Curiously enough my non-B7 fan (and non-writer) other half made precisely the same criticism this evening on perusal of some of the TTBA proofs. We came to the conclusion that some of the problem might be that many fanfic writers spend a lot of time on the internet and so develop text-based ways of conveying emotion, including italics, ellipsis and emoticons, which they then find tricky to disgard when writing fiction.
Tavia
In message 01C0931E.3F958780.tavia@btinternet.com, Tavia Chalcraft tavia@btinternet.com writes
Curiously enough my non-B7 fan (and non-writer) other half made precisely the same criticism this evening on perusal of some of the TTBA proofs. We came to the conclusion that some of the problem might be that many fanfic writers spend a lot of time on the internet and so develop text-based ways of conveying emotion, including italics, ellipsis and emoticons, which they then find tricky to disgard when writing fiction.

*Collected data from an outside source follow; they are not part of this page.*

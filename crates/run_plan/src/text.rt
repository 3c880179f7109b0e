//! Pieces of the lines of a plan.
ghost use Rattle.std.specs.Prelude.{◌≡◌, ◌++◌, OnOk, codes, decimal};
ghost use Rattle.run_plan.specs.Plans.{address, all_names, further, line};

use bouncer_config::Address;
use irc_line::Name;
use itoa::Buffer;
use std::alloc::AllocError;

/// Appends a line with this name and this content.
pub fn push_line(out: &mut Vec<u8>, name: &[u8], content: &[u8]) -> Result<(), AllocError>
    ensures { OnOk result (out.new.items ≡ out.old.items ++ line name.now content.now) }
{
    out.extend_from_slice(name)?;
    out.extend_from_slice(b": ")?;
    out.extend_from_slice(content)?;
    out.extend_from_slice(b"\n")
}

/// Appends a number in decimal digits.
pub fn push_number(out: &mut Vec<u8>, number: u64) -> Result<(), AllocError>
    ensures { OnOk result (out.new.items ≡ out.old.items ++ decimal number) }
{
    let mut buffer = Buffer::new();
    out.extend_from_slice(buffer.format(number).as_bytes())
}

/// Appends an address.
pub fn push_address(out: &mut Vec<u8>, at: Address) -> Result<(), AllocError>
    ensures { OnOk result (out.new.items ≡ out.old.items ++ address at) }
{
    out.extend_from_slice(b"127.0.0.1:")?;
    push_number(out, at.port() as u64)
}

/// Appends names in order, or that there are none.
pub fn push_names(out: &mut Vec<u8>, names: &[Name]) -> Result<(), AllocError>
    ensures { OnOk result (out.new.items ≡ out.old.items ++ all_names names.now) }
{
    match names {
        [] => out.extend_from_slice(b"none"),
        [name, names @ ..] => {
            out.extend_from_slice(name.as_bytes())?;
            push_further(out, names)
        }
    }
}

/// Appends further names, each after a comma.
fn push_further(out: &mut Vec<u8>, names: &[Name]) -> Result<(), AllocError>
    ensures { OnOk result (out.new.items ≡ out.old.items ++ further names.now) }
{
    match names {
        [] => Ok(()),
        [name, names @ ..] => {
            out.extend_from_slice(b", ")?;
            out.extend_from_slice(name.as_bytes())?;
            push_further(out, names)
        }
    }
}
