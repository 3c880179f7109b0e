//! Where the journals are.
ghost use Rattle.std.specs.Prelude.{◌≡◌, IfOk, string_bytes};
ghost use Rattle.run_plan.specs.Paths.{journal_path};

use raft_log::NodeId;
use std::alloc::{AllocError, Global};

/// The path of a node's journal in its folder.
pub fn journal_path(alloc: Global, folder: &str, node: NodeId) -> Result<String, AllocError>
    ensures { IfOk result (λ path. string_bytes path ≡ journal_path folder.now node) }
{
    let number = node.value();
    format!(in alloc; "{folder}/node-{number}")
}
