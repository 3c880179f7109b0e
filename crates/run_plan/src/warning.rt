//! Parts of a configuration that are allowed but of no use.
ghost use Rattle.std.specs.Prelude.{◌≡◌, [], ◌∷◌};
ghost use Rattle.std.specs.List.{list_all};
ghost use Rattle.run_plan.specs.Warnings.{are_too_seldom, begins_nicks, is_of_nicks, is_taken_somewhere, is_warned};
ghost use Rattle.run_plan.specs.declared.warning.Warning.TheVariants.{BeatsTooSeldom, NickIsTakenNowhere, PasswordIsKnown};

use bouncer_config::Config;
use irc_line::is_same;
use std::fmt;

/// How many times a leader must be heard before the others consider it gone: one that is heard once
/// may be late.
const LEAST_BEATS: u32 = 3;

/// The password of the example.
const KNOWN_PASSWORD: [u8; 13] = *b"correct-horse";

/// A part of a configuration that is allowed but of no use.
#[derive(Clone, Copy, Debug, PartialEq, Eq)]
pub enum Warning {
    /// Leaders are heard too rarely to last.
    BeatsTooSeldom,
    /// No server accepts the nick: RFC 2812, section 2.3.1, says which bytes a nick may have.
    NickIsTakenNowhere,
    /// The clients' password is that of the example.
    PasswordIsKnown,
}

impl fmt::Display for Warning {
    fn fmt<W: fmt::Write>(&self, f: &mut fmt::Formatter<W>) -> fmt::Result {
        f.write_str(match self {
            Warning::BeatsTooSeldom => {
                "timeout_ms is less than three times beat_ms: no leader may last"
            }
            Warning::NickIsTakenNowhere => {
                "nick: servers refuse it: it has to begin with a letter or one of []\\`_^{|}, and the rest may also be digits and -"
            }
            Warning::PasswordIsKnown => {
                "password: it is that of the example, which everybody knows: choose one of your own"
            }
        })
    }
}

impl Warning {
    /// All warnings about a configuration.
    pub const fn all() -> [Warning; 3]
        ensures { result ≡ BeatsTooSeldom ∷ NickIsTakenNowhere ∷ PasswordIsKnown ∷ [] }
    {
        [
            Warning::BeatsTooSeldom,
            Warning::NickIsTakenNowhere,
            Warning::PasswordIsKnown,
        ]
    }

    /// Whether this warning applies to a configuration.
    pub fn is_of(self, config: &Config) -> bool
        ensures { result ≡ is_warned self config.now }
    {
        match self {
            Warning::BeatsTooSeldom => are_too_seldom(config.beat_ms, config.timeout_ms),
            Warning::NickIsTakenNowhere => !is_taken_somewhere(config.setup.nick().as_bytes()),
            Warning::PasswordIsKnown => is_same(config.password.as_bytes(), &KNOWN_PASSWORD),
        }
    }
}

/// Whether a leader with this interval of beats, in milliseconds, is considered gone too soon.
fn are_too_seldom(beat_ms: u16, timeout_ms: u16) -> bool
    ensures { result ≡ are_too_seldom beat_ms timeout_ms }
{
    (timeout_ms as u32) < LEAST_BEATS * beat_ms as u32
}

/// Whether some server accepts a nick.
fn is_taken_somewhere(nick: &[u8]) -> bool
    ensures { result ≡ is_taken_somewhere nick.now }
{
    match nick {
        [] => false,
        [first, rest @ ..] => begins_nicks(*first) && are_of_nicks(rest),
    }
}

/// Whether a nick may have all these bytes after its first.
fn are_of_nicks(bytes: &[u8]) -> bool
    ensures { result ≡ list_all is_of_nicks bytes.now }
{
    bytes.iter().all(|byte| is_of_nicks(*byte))
}

/// Whether a nick may begin with a byte.
fn begins_nicks(byte: u8) -> bool
    ensures { result ≡ begins_nicks byte }
{
    // RFC 2812 has only the first range; servers that allow more allow bytes past 127
    (b'A' <= byte && byte <= b'}') || 128 <= byte
}

/// Whether a nick may have a byte after its first.
fn is_of_nicks(byte: u8) -> bool
    ensures { result ≡ is_of_nicks byte }
{
    begins_nicks(byte) || (b'0' <= byte && byte <= b'9') || byte == b'-'
}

This is certainly true for me, although it spills over more into non-net equivalents of mailing lists (letters, notes, etc) than fiction writing.
At 04:59 AM 2/10/01 +0000, Tavia Chalcraft wrote:
...We came to the conclusion that some of the problem might be that many fanfic writers spend a lot of time on the internet and so develop text-based ways of conveying emotion, including italics, ellipsis and emoticons, which they then find tricky to disgard when writing fiction.

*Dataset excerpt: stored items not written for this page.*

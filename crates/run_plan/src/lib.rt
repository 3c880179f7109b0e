//! What a run of a bouncer would do according to its configuration, in lines of text. Used by bouncer_run. A plan has
//! the lines of its definition, which knows about the passwords only whether the server is sent one.
#![tactic(auto)]

mod paths;
mod planning;
mod text;
mod warning;

pub use paths::journal_path;
pub use planning::plan;
pub use warning::Warning;
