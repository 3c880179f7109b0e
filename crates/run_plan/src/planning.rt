//! The lines of a plan.
ghost use Rattle.std.specs.Prelude.{◌≡◌, ◌++◌, ◌+◌, ◌≤◌, IfOk, OnOk, is_some, length, map, option_map, string_bytes};
ghost use Rattle.raft_log.specs.Peers.{IsGroupSize};
ghost use Rattle.run_plan.specs.Plans.{all_names, input_word, node_content, node_lines, plan, planned_of, record_path, server, sizes};

use crate::paths::journal_path;
use crate::text::{push_address, push_line, push_names, push_number};
use bouncer_config::{Address, Config, InputEnd, folder_of};
use buffer_commands::Setup;
use raft_log::NodeId;
use std::alloc::{AllocError, Global};

/// What a run with this configuration would do, in lines of text. It contains no password.
pub fn plan(alloc: Global, config: &Config) -> Result<Vec<u8>, AllocError>
    requires { IsGroupSize (length config.now.listen.items) }
    ensures { IfOk result (λ text. text.items ≡ plan (planned_of config.now)) }
{
    let mut out = Vec::new(alloc);
    let setup = &config.setup;
    push_line(&mut out, b"nick", setup.nick().as_bytes())?;
    push_line(&mut out, b"channels", &channels(alloc, setup)?)?;
    push_line(&mut out, b"server", &server(alloc, config)?)?;
    push_nodes(&mut out, alloc, &config.store, 1, &config.listen)?;
    push_line(&mut out, b"record", record(&config.record))?;
    push_line(&mut out, b"buffers", &buffers(alloc, setup)?)?;
    push_line(&mut out, b"standard input", input(config.input_end))?;
    Ok(out)
}

/// The channels that exist from the start.
fn channels(alloc: Global, setup: &Setup) -> Result<Vec<u8>, AllocError>
    ensures { IfOk result (λ text. text.items ≡ all_names setup.now.channels) }
{
    let mut out = Vec::new(alloc);
    push_names(&mut out, setup.channels())?;
    Ok(out)
}

/// Where the server is, and whether it is sent a password.
fn server(alloc: Global, config: &Config) -> Result<Vec<u8>, AllocError>
    ensures { IfOk result (λ text.
        text.items ≡ server config.now.upstream (is_some config.now.upstream_password)) }
{
    let mut out = Vec::new(alloc);
    push_address(&mut out, config.upstream)?;
    let password: &[u8] = match &config.upstream_password {
        Some(_) => b", with a password",
        None => b", without a password",
    };
    out.extend_from_slice(password)?;
    Ok(out)
}

/// A line for each of these nodes, of which this is the first.
fn push_nodes(
    out: &mut Vec<u8>,
    alloc: Global,
    folders: &[String],
    first: u8,
    listen: &[Address],
) -> Result<(), AllocError>
    requires first { 1 ≤ first }
    requires last { first + length listen.now ≤ 8 }
    ensures { OnOk result (out.new.items ≡ out.old.items
        ++ node_lines (map string_bytes folders.now) first listen.now) }
{
    match listen {
        [] => Ok(()),
        [at, listen @ ..] => {
            let node = NodeId::new(first);
            let mut name = Vec::from_slice(alloc, b"node ")?;
            push_number(&mut name, first as u64)?;
            let content = node_content(alloc, folder_of(folders, node), node, *at)?;
            push_line(out, &name, &content)?;
            push_nodes(out, alloc, folders, first + 1, listen)
        }
    }
}

/// Where clients reach a node, and where its journal is.
fn node_content(
    alloc: Global,
    folder: &str,
    node: NodeId,
    at: Address,
) -> Result<Vec<u8>, AllocError>
    ensures { IfOk result (λ text. text.items ≡ node_content folder.now node at) }
{
    let mut out = Vec::from_slice(alloc, b"clients at ")?;
    push_address(&mut out, at)?;
    out.extend_from_slice(b", journal ")?;
    out.extend_from_slice(journal_path(alloc, folder, node)?.as_bytes())?;
    Ok(out)
}

/// Where the record is written, if one is.
fn record(file: &Option<String>) -> &[u8]
    ensures { result.now ≡ record_path (option_map string_bytes file.now) }
{
    match file {
        Some(path) => path.as_bytes(),
        None => b"none",
    }
}

/// How much is kept.
fn buffers(alloc: Global, setup: &Setup) -> Result<Vec<u8>, AllocError>
    ensures { IfOk result (λ text. text.items ≡ sizes setup.now) }
{
    let mut out = Vec::new(alloc);
    push_number(&mut out, setup.channel_size() as u64)?;
    out.extend_from_slice(b" lines a channel, ")?;
    push_number(&mut out, setup.query_size() as u64)?;
    out.extend_from_slice(b" lines a query, ")?;
    push_number(&mut out, setup.most_queries() as u64)?;
    out.extend_from_slice(b" queries")?;
    Ok(out)
}

/// What the end of standard input does.
fn input(end: InputEnd) -> &'static [u8]
    ensures { result.now ≡ input_word end }
{
    match end {
        InputEnd::Stops => b"its end stops the bouncer",
        InputEnd::Ignored => b"not read",
    }
}
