/// Whether there is an xdg_surface that this xdg_wm_base made.
fn has_base<A: Allocator>(surfaces: &BTreeMap<SurfaceNo, XdgSurface, A>, base: u32) -> bool
    ensures is { result ≡ list_any (is_of_base base) surfaces.now.entries }
    ensures found { All (λ e. kept_of surfaces.now.entries e.0 ≡ Some e.1) surfaces.now.entries }
{
    surfaces
        .iter()
        .any(|(_, xdg_surface)| xdg_surface.base() == base)
}

impl<A: Allocator + Copy> Shell<A> {
    /// xdg_wm_base.get_xdg_surface: the surface gets a new xdg_surface, without a role object.
    ///
    /// # Errors
    ///
    /// The first of these; each changes nothing:
    /// - `Role`, if the surface has a role that isn't the shell's, or has an xdg_surface;
    /// - `InvalidSurfaceState`, if it has a buffer;
    /// - `Memory`, if there is no memory for it.
    pub fn get_xdg_surface(
        &mut self,
        surface: SurfaceNo,
        id: u32,
        base: u32,
        has_other_role: bool,
        has_content: bool,
    ) -> Result<(), ShellError>
        ensures refused { MatchOption (making_refused has_other_role has_content (kept_of self.old surface)) (IsOkUnless result ShellError.Memory) (λ e. result ≡ Err e) }
        ensures ok { OnOk result (kept_of self.new ≡ with_kept surface (Some (first_kept id base)) (kept_of self.old)) }
        ensures err { OnErr result (self.new ≡ self.old) }
    {
        if has_other_role || self.surfaces.contains_key(&surface) {
            return Err(ShellError::Role);
        }
        if has_content {
            return Err(ShellError::InvalidSurfaceState);
        }
        self.surfaces.insert(surface, XdgSurface::new(id, base))?;
        Ok(())
    }
}
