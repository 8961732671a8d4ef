//! How far a role object is.

ghost use Rattle.std.specs.Prelude.{◌≡◌};
ghost use Rattle.wl_shell.specs.Shell.{acknowledged, answers_states};

/// How far a role object is (xdg-shell.xml, xdg_surface: the initial commit, ack_configure, and
/// mapping).
#[derive(Clone, Copy, Debug, PartialEq, Eq)]
pub enum Stage {
    /// It wasn't configured since it was made, or since its surface was unmapped.
    Fresh,
    /// No configure was acknowledged yet; one waits.
    Waiting,
    /// A configure was acknowledged, and its surface isn't mapped yet.
    Ready,
    /// Its surface is mapped.
    Mapped,
}

impl Stage {
    /// The stage after an acknowledgement.
    pub(crate) fn acknowledged(self) -> Stage
        ensures { result ≡ acknowledged self }
    {
        match self {
            Stage::Waiting => Stage::Ready,
            Stage::Fresh | Stage::Ready | Stage::Mapped => self,
        }
    }

    /// Whether a request for another state is answered by a configure: there was one before.
    pub(crate) fn answers_states(self) -> bool
        ensures { result ≡ answers_states self }
    {
        self != Stage::Fresh
    }
}
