//! The xdg_surfaces of a client (xdg-shell.xml), with their toplevels and popups; positioners, and
//! where they place popups. Begin with [`Shell`], then [`XdgSurface`], [`Popup`] and
//! [`Positioner`]. Whose window is over which is left to wl_scene, and what a client is told to
//! wl_requests.
//!
//! An xdg_surface is found by the number of its surface.
#![tactic(auto)]

ghost use Rattle.wl_shell.specs.Laws.{AcknowledgementForgets, ChangesStand, MovesAgree};
ghost use Rattle.wl_shell.specs.Descent.{DescentsFound};
ghost use Rattle.wl_shell.specs.Dismissing.{DismissalsEnd};
ghost use Rattle.wl_shell.specs.Found.{ShellsFind};
ghost use Rattle.wl_shell.specs.InOrder.{PopupsFollow};
ghost use Rattle.wl_shell.specs.ShellLaws.{ShellsStand};

mod acts;
mod error;
mod placing;
mod popup;
mod popups;
mod positioner;
mod role_object;
mod settings;
mod shell;
mod stage;
mod xdg_surface;

pub use acts::{Configure, Placed, ShellAct};
pub use error::ShellError;
pub use popup::Popup;
pub use positioner::Positioner;
pub use settings::Setting;
pub use shell::{NewPopup, PopupNo, Shell};
pub use stage::Stage;
pub use xdg_surface::{Toplevel, XdgSurface};

/// An acknowledgement leaves fewer configures waiting.
pub fn acknowledgement_forgets()
    ensures { AcknowledgementForgets }
{}

/// A popup that is flipped, slid and resized, in this order, ends at the place that the definition
/// gives it (xdg-shell.xml, xdg_positioner.set_constraint_adjustment).
pub fn moves_agree()
    ensures { MovesAgree }
{}

/// The values kept of an xdg_surface stand for what the definition says of it, and still do after
/// each call.
pub fn changes_stand()
    ensures { ChangesStand }
{}

/// The values kept of all xdg_surfaces of a client stand for them, and still do after each change
/// of one.
pub fn shells_stand()
    ensures { ShellsStand }
{}

/// A search among the values kept finds what the definition finds: whether an xdg_surface may be
/// the parent of a popup, has a popup on it, or lets one grab.
pub fn shells_find()
    ensures { ShellsFind }
{}

/// The popups that go when a popup or toplevel is dismissed are those that the definition names.
/// Each popup is younger than its parent, and a client has at most 256.
pub fn descents_found()
    ensures { DescentsFound }
{}

/// Popups that are dismissed one by one, until all that go are gone, come to what the definition
/// makes of them at once.
pub fn dismissals_end()
    ensures { DismissalsEnd }
{}

/// A search for a popup finds the next in order of creation: the first, the next, and the one
/// before. It also finds the newest that still goes when a popup or toplevel is dismissed.
pub fn popups_follow()
    ensures { PopupsFollow }
{}
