//! What a commit leads to, and the configures that are sent.

/// Where a popup is placed, relative to the corner of its parent's window geometry, in pixels.
#[derive(Clone, Copy, Debug, PartialEq, Eq)]
pub struct Placed {
    pub x: i32,
    pub y: i32,
    pub w: i32,
    pub h: i32,
}

/// A configure that waits to be acknowledged (xdg-shell.xml, xdg_surface.configure).
#[derive(Clone, Copy, Debug, Default, PartialEq, Eq)]
pub struct Configure {
    pub serial: u32,
    /// Where it places its popup, if it does so. That counts from the next commit after it is
    /// acknowledged (xdg-shell.xml, xdg_popup.reposition).
    pub placement: Option<Placed>,
}

/// What a commit leads to (wayland.xml, wl_surface.commit; xdg-shell.xml, xdg_surface).
#[derive(Clone, Copy, Debug, PartialEq, Eq)]
pub enum ShellAct {
    /// The client is to get the role object's configure and that of the xdg_surface. A popup's says
    /// where it is placed.
    Configure(Option<Placed>),
    /// The surface is mapped.
    Map,
    /// The surface is unmapped.
    Unmap,
    /// A popup that was placed anew moves there, since its client acknowledged that (xdg-shell.xml,
    /// xdg_popup.reposition). A commit that maps a popup puts such a place in force too.
    Place(Placed),
    /// Only the commit itself.
    Nothing,
}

I'm thinking maybe italics and ellipses might be particularly prevalent in the case of B7 fan-fictional dialogue because people unconsciously try and convey the rather theatrical way that the characters (and Avon particularly I think) tend to talk (whereas, for instance, in X-Files fan-fiction you'd probably get relatively few italics, but frequent overuse of the phrase "muttered flatly").
I find it hard to imagine how one would use emoticons in dialogue, though. "Vila, you're an idiot, colon hyphen right round bracket," Avon said.

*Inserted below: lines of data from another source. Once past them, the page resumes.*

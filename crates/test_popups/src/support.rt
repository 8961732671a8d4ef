//! A toplevel with a popup, and a popup of that: what many cases begin with.

use crate::parts::{Case, first_missed};
use std::alloc::Global;
use test_rows::asks::Ask;
use test_rows::begun::{ACKNOWLEDGES, BUFFERS, CONFIGURES, GLOBALS, MADE, MAPS, RED_10};
use test_rows::events::Event;
use test_rows::rows::{Fault, REGISTRY, Row};
use wl_session::{Config, Rgb};

/// The output, which is as wide as the rows read frames.
pub(crate) const OUTPUT: Config = Config {
    width: 64,
    height: 64,
    background: Rgb { r: 0, g: 0, b: 0 },
};

/// The surface 6 with its toplevel 8 shows the buffer 10, which is all red, at (0, 0), and was
/// painted.
pub(crate) const SHOWN: &[&[Row]] = &[
    REGISTRY,
    GLOBALS,
    MADE,
    CONFIGURES,
    ACKNOWLEDGES,
    BUFFERS,
    RED_10,
    MAPS,
    &[Row::Paints(1600, 1600)],
];

/// The positioner 16 places a popup of 8 by 8 pixels at the lower right corner of a rectangle of 40
/// by 40.
pub(crate) const POSITIONER: &[Row] = &[
    Row::Sends(Ask::CreatePositioner(5, 16)),
    Row::Sends(Ask::SetSize(16, 8, 8)),
    Row::Sends(Ask::SetAnchorRect(16, 0, 0, 40, 40)),
    Row::Sends(Ask::SetAnchor(16, 8)),
    Row::Sends(Ask::SetGravity(16, 8)),
];

/// The surface 14 with its xdg_surface 15.
pub(crate) const SURFACE: &[Row] = &[
    Row::Sends(Ask::CreateSurface(3, 14)),
    Row::Sends(Ask::GetXdgSurface(5, 15, 14)),
];

/// xdg_surface.get_popup: the popup 17 of the surface 14, on the toplevel.
pub(crate) const GET_POPUP: Ask = Ask::GetPopup(15, 17, 7, 16);

pub(crate) const COMMIT_14: Ask = Ask::Commit(14);

/// xdg_popup.configure of the popup 17 at the lower right corner of the toplevel.
pub(crate) const PLACED: Event = Event::PopupConfigure(17, 40, 40, 8, 8);

/// The buffer 18 of the pool 9 at its start: 8 by 8 pixels with a stride of 32, of the format 1.
pub(crate) const BUFFER_18: Ask = Ask::CreateBuffer(9, 18, 0, 8, 8, 32, 1);

/// wl_surface.attach of the surface 14: the buffer 18, or none.
pub(crate) const ATTACH_18: Ask = Ask::Attach(14, 18);

pub(crate) const DETACH_14: Ask = Ask::Attach(14, 0);

/// wl_buffer.release of the buffer 18.
pub(crate) const RELEASED_18: Event = Event::Release(18);

/// The popup 17 is placed by its first commit.
pub(crate) const POPUP: &[Row] = &[
    Row::Sends(GET_POPUP),
    Row::Silent(1),
    Row::Accepts(COMMIT_14, &[PLACED, Event::Configure(15, 2)]),
];

/// The configure is acknowledged, and the popup is mapped with the buffer 18.
pub(crate) const POPUP_MAPS: &[Row] = &[
    Row::Sends(Ask::AckConfigure(15, 2)),
    Row::Sends(BUFFER_18),
    Row::Sends(ATTACH_18),
    Row::Sends(COMMIT_14),
    Row::Silent(1),
];

/// The first of the cases that isn't as wanted after the toplevel was painted, and what wasn't.
pub(crate) fn missed_after_toplevel(alloc: Global, cases: &[Case]) -> Option<(usize, Fault)> {
    first_missed(alloc, SHOWN, cases)
}
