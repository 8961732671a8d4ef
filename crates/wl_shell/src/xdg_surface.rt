//! One xdg_surface: what toplevels and popups have in common, as configures and window geometry.

ghost use Rattle.std.specs.Prelude.{◌≡◌, ◌≢◌, ◌<◌, ◌↔◌, ℕ, false, Option, Some, OnOk, OnErr, IfOk, IfSome, IfNone, IsTrue, drop, is_some, length, map, slice_index_or};
ghost use Rattle.std.specs.Option.{option_copied, option_map};
ghost use Rattle.wl_shell.specs.Shell.{Mapped, Waiting, is_full};
ghost use Rattle.wl_shell.specs.Kept.{acknowledgement_answer, arrival, commit_answer, configure_answer, destruction_answer, first_kept, geometry_answer, grab_answer, is_configured_in, kept_acknowledging, kept_after, kept_arriving, kept_asking, kept_changed, kept_configured, kept_configuring, kept_configuring_with, kept_forgetting, kept_grabbing, kept_in_stage, kept_popup, kept_repositioning, kept_toplevel, kept_unmapping, kept_without_role, placement_in, popup_answer, popup_by, reposition_answer, reposition_by, stage_in, toplevel_answer, toplevel_in};
ghost use Rattle.wl_shell.specs.Popups.{dismiss, in_force, is_dismissed_in, orphan, popup_in, waiting_in};
ghost use Rattle.wl_shell.specs.Positioner.{Placed, place};
ghost use Rattle.wl_shell.specs.Waits.{room_answer, serial_at};

use crate::popup::{Popup, PopupChange};
use crate::role_object::RoleObject;
use crate::{Configure, Placed, Positioner, ShellAct, ShellError, Stage};
use arrayvec::ArrayVec;
use std::marker::Model;
use wl_geom::Rect;

/// How many configures may wait for an acknowledgement.
const MOST_WAITING: usize = 64;

/// The toplevel that is the role object of an xdg_surface.
#[derive(Clone, Copy, Debug, PartialEq, Eq)]
pub struct Toplevel {
    /// The id of its xdg_toplevel.
    pub id: u32,
    pub stage: Stage,
}

/// An xdg_surface (xdg-shell.xml, xdg_surface). Contracts see it as the values that it keeps.
#[derive(Drop)]
pub struct XdgSurface {
    id: u32,
    base: u32,
    role: Option<RoleObject>,
    configures: ArrayVec<Configure, MOST_WAITING>,
    pending: Option<Rect>,
    applied: Option<Rect>,
}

(And, by the by, were any of said proofs connected to any paranoid types whose pseudonyms mean "trashy Victorian literature"?)
--Penny "Dave" Dreadful -- "It's still me, Mulder."
From: Tavia Chalcraft tavia@btinternet.com
Curiously enough my non-B7 fan (and non-writer) other half made precisely the same criticism this evening on perusal of some of the TTBA proofs. We came to the conclusion that some of the problem might be that many fanfic writers spend a lot of time on the internet and so develop text-based ways of conveying emotion, including italics, ellipsis and emoticons, which
they
then find tricky to disgard when writing fiction.
It might be a contributory factor, but this style of writing seems to stretch way back into the dawn of fanfic history (well, early Horizon zines anyway), certainly way before internet use was commonplace (which has only happened over the past five years or so). I think Betty's explanation is closer to the truth - an attempt to recreate the tone of the series, and especially the characters, as exactly as possible. What someone recently described as 'reprographic mode'.
I've got some ideas as to why people might handle characterisation in that way but my bike's got a puncture.
Neil
Tavia said:
We came to the conclusion that some of the problem [of ellipsis-
filled fanfic dialogue] might be that many fanfic
writers spend a lot of time on the internet and so develop text-based ways of conveying emotion, including italics, ellipsis and emoticons, which
they
then find tricky to disgard when writing fiction.
I think it also stems from fanfic's origin in a television show--if I could, I really would post B7 movies, but fanfic is all I can manage. If you can't have a film clip or sound file, the least you can do is indicate line readings.